Consider the entries below. Count the lines holding the string "crate" and state the number only.

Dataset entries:
---------------
//! The sides of an equation.
ghost use Rattle.std.specs.Prelude.{◌≤◌, ◌+◌, Ok, length, map};
ghost use Rattle.core_terms.specs.Answers.{Gives};
ghost use Rattle.core_terms.specs.Meanings.{tree_of};
ghost use Rattle.core_sig.specs.Shapes.{argument_shape};
ghost use Rattle.mutual_pack.specs.Equations as spec;
ghost use Rattle.mutual_pack.specs.Fitting.{IsNear};

use crate::hypotheses::{at_inner, member_in};
use crate::numbers::number_at;
use crate::packed_family::PackedFamily;
use crate::telescopes::{constructor_at, induction_size};
use core_sig::{Arg, ArgKind};
use core_terms::{MAX_HEIGHT, Run, Stop, Term, applied_to_run, copy_whole, place, variable};
use std::alloc::Global;

/// `Mi!ind p P ms`, at a depth.
fn induction_at(
    alloc: Global,
    q: PackedFamily,
    inductions: &[u32],
    i: u32,
    depth: u32,
) -> Result<Term, Stop>
    requires near { IsNear q }
    ensures { Gives tree_of result (Ok (spec.induction_at q inductions.now i depth)) }
{
    let head = Term::Const(number_at(inductions, i));
    applied_to_run(alloc, head, depth, 0, induction_size(q))
}

/// The recursion at the argument with the level `r`, of the type `ty` with `count` inner arguments, at a depth.
fn recursion_from(
    alloc: Global,
    q: PackedFamily,
    inductions: &[u32],
    runs: &[Run],
    size: u32,
    depth: u32,
    r: u32,
    start: u32,
    count: u32,
    ty: &Term,
) -> Result<Term, Stop>
    requires near { IsNear q }
    requires size { size + count ≤ 1000000 }
    requires depth { depth + count ≤ 1000000 }
    requires start { start ≤ 1000000 }
    ensures { Gives tree_of result (Ok (spec.recursion_from q inductions.now runs.now size depth r start count (tree_of ty.now))) }
{
    match ty {
        Term::Pi(a, b) if count > 0 => {
            let a = place(alloc, runs, size, depth, a);
            let count = count - 1;
            let b = recursion_from(
                alloc,
                q,
                inductions,
                runs,
                size + 1,
                depth + 1,
                r,
                start,
                count,
                b,
            );
            Term::function_of(alloc, a, b)
        }
        _ => {
            let head = induction_at(alloc, q, inductions, member_in(ty), depth);
            Term::application_of(alloc, head, at_inner(alloc, r, start, depth))
        }
    }
}

/// That for argument `at` of a constructor whose arguments' levels begin with `first`, at a depth. A type with more than 2,000 inner
/// arguments stays as it is.
fn recursion_at(
    alloc: Global,
    q: PackedFamily,
    inductions: &[u32],
    first: u32,
    at: u32,
    depth: u32,
    count: u32,
    ty: &Term,
) -> Result<Term, Stop>
    requires near { IsNear q }
    requires first { first ≤ 100000 }
    requires at { at ≤ 2000 }
    requires depth { depth ≤ 100000 }
    ensures { Gives tree_of result (Ok (spec.recursion_at q inductions.now first at depth count (tree_of ty.now))) }
{
    if count > MAX_HEIGHT {
        return copy_whole(alloc, ty);
    }
    let runs = [(0, q.params), (first, at), (depth, count)];
    let size = q.params + at;
    let r = first + at;
    recursion_from(
        alloc, q, inductions, &runs, size, depth, r, depth, count, ty,
    )
}

/// `head` applied to that for argument `at`, where it is recursive.
fn applied_to_recursion(
    alloc: Global,
    q: PackedFamily,
    inductions: &[u32],
    first: u32,
    at: u32,
    depth: u32,
    head: Term,
    arg: &Arg,
) -> Result<Term, Stop>
    requires near { IsNear q }
    requires first { first ≤ 100000 }
    requires at { at ≤ 2000 }
    requires depth { depth ≤ 100000 }
    ensures { Gives tree_of result (Ok (spec.applied_to_recursion q inductions.now first at depth (tree_of head) (argument_shape arg.now))) }
{
    match arg.kind {
        ArgKind::Plain => Ok(head),
        ArgKind::Recursive(count) => {
            let value = recursion_at(alloc, q, inductions, first, at, depth, count, &arg.ty);
            Term::application_of(alloc, Ok(head), value)
        }
    }
}

/// `head` applied to that for each recursive one among arguments after `at` others.
fn applied_to_recursions(
    alloc: Global,
    q: PackedFamily,
    inductions: &[u32],
    first: u32,
    at: u32,
    depth: u32,
    head: Term,
    args: &[Arg],
) -> Result<Term, Stop>
    requires near { IsNear q }
    requires first { first ≤ 100000 }
    requires at { at + length args.now ≤ 2000 }
    requires depth { depth ≤ 100000 }
    ensures { Gives tree_of result (Ok (spec.applied_to_recursions q inductions.now first at depth (tree_of head) (map argument_shape args.now))) }
{
    match args {
        [] => Ok(head),
        [arg, rest @ ..] => {
            let head = applied_to_recursion(alloc, q, inductions, first, at, depth, head, arg)?;
            applied_to_recursions(alloc, q, inductions, first, at + 1, depth, head, rest)
        }
    }
}

/// `Mk!ind p P ms (c p a)`, for the constructor with a number and `count` arguments.
pub fn left_side(
    alloc: Global,
    q: PackedFamily,
    inductions: &[u32],
    k: u32,
    number: u32,
    count: u32,
) -> Result<Term, Stop>
    requires near { IsNear q }
    requires count { count ≤ 2000 }
    ensures { Gives tree_of result (Ok (spec.left_side q inductions.now k number count)) }
{
    let x = induction_size(q);
    let head = induction_at(alloc, q, inductions, k, x + count);
    let whole = constructor_at(alloc, q, number, x, count, x + count);
    Term::application_of(alloc, head, whole)
}

/// `m_c a h`, for the constructor with a number and the arguments.
pub fn right_side(
    alloc: Global,
    q: PackedFamily,
    inductions: &[u32],
    number: u32,
    args: &[Arg],
) -> Result<Term, Stop>
    requires near { IsNear q }
    requires number { number ≤ 4294000000 }
    requires few { length args.now ≤ 2000 }
    ensures { Gives tree_of result (Ok (spec.right_side q inductions.now number (map argument_shape args.now))) }
{
    let x = induction_size(q);
    let count = args.len() as u32;
    let depth = x + count;
    let head = variable(depth, q.params + q.members + number);
    let head = applied_to_run(alloc, head, depth, x, count)?;
    applied_to_recursions(alloc, q, inductions, x, 0, depth, head, args)
}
---------------
WRITTEN REPLY:
4